Task statement » Show each line of the data below that has the string "says" in it.

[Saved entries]
________________
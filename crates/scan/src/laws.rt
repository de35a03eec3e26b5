//! The laws.

ghost use Rattle.scan.specs.Laws.{ScansAreUndisturbed, FreshScansAreBounded, ScansAreBounded};

/// Does nothing: its clause says that what others do leaves a scan what it knows.
pub fn scans_are_undisturbed()
    ensures { ScansAreUndisturbed }
{}

/// Does nothing: its clause says that a scan makes a bounded number of steps, while the pages stay as they
/// are.
pub fn fresh_scans_are_bounded()
    ensures { FreshScansAreBounded }
{}

/// Does nothing: its clause says that at each moment what is left to do for a scan has a bound, while the
/// pages stay as they are.
pub fn scans_are_bounded()
    ensures { ScansAreBounded }
{}
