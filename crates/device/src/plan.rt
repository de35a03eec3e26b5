//! Which calls are made to fail.

ghost use Rattle.std.specs.Prelude.{◌≡◌};

/// The calls of a device in memory that are made to fail, counted from the next one. 0: none.
#[derive(Clone, Copy, Debug, PartialEq, Eq)]
pub struct Plan {
    /// This call fails.
    pub fail_in: u64,
    /// This call and each later one fail.
    pub stop_in: u64,
    pub stopped: bool,
}

/// What becomes of a call: it runs, or fails and a write is kept all the same, or it does nothing.
#[derive(Clone, Copy, Debug, PartialEq, Eq)]
pub enum Fate {
    Runs,
    Fails,
    Dead,
}

impl Plan {
    ghost use Rattle.device.specs.Plans.{fate_of, after_call};

    /// No call fails.
    pub const NONE: Plan = Plan {
        fail_in: 0,
        stop_in: 0,
        stopped: false,
    };

    /// What becomes of this call.
    pub fn next(&mut self) -> Fate
        ensures fate { result ≡ fate_of self.old }
        ensures later { self.new ≡ after_call self.old }
    {
        let was_stopped = self.stopped;
        let fails = self.fail_in == 1;
        let stops = self.stop_in == 1;
        self.fail_in = self.fail_in.saturating_sub(1);
        self.stop_in = self.stop_in.saturating_sub(1);
        self.stopped = was_stopped || stops;
        if was_stopped {
            Fate::Dead
        } else if fails || stops {
            Fate::Fails
        } else {
            Fate::Runs
        }
    }
}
________________
Solution below »
/// Does nothing: its clause says that what others do leaves a scan what it knows.
/// Does nothing: its clause says that a scan makes a bounded number of steps, while the pages stay as they
/// Does nothing: its clause says that at each moment what is left to do for a scan has a bound, while the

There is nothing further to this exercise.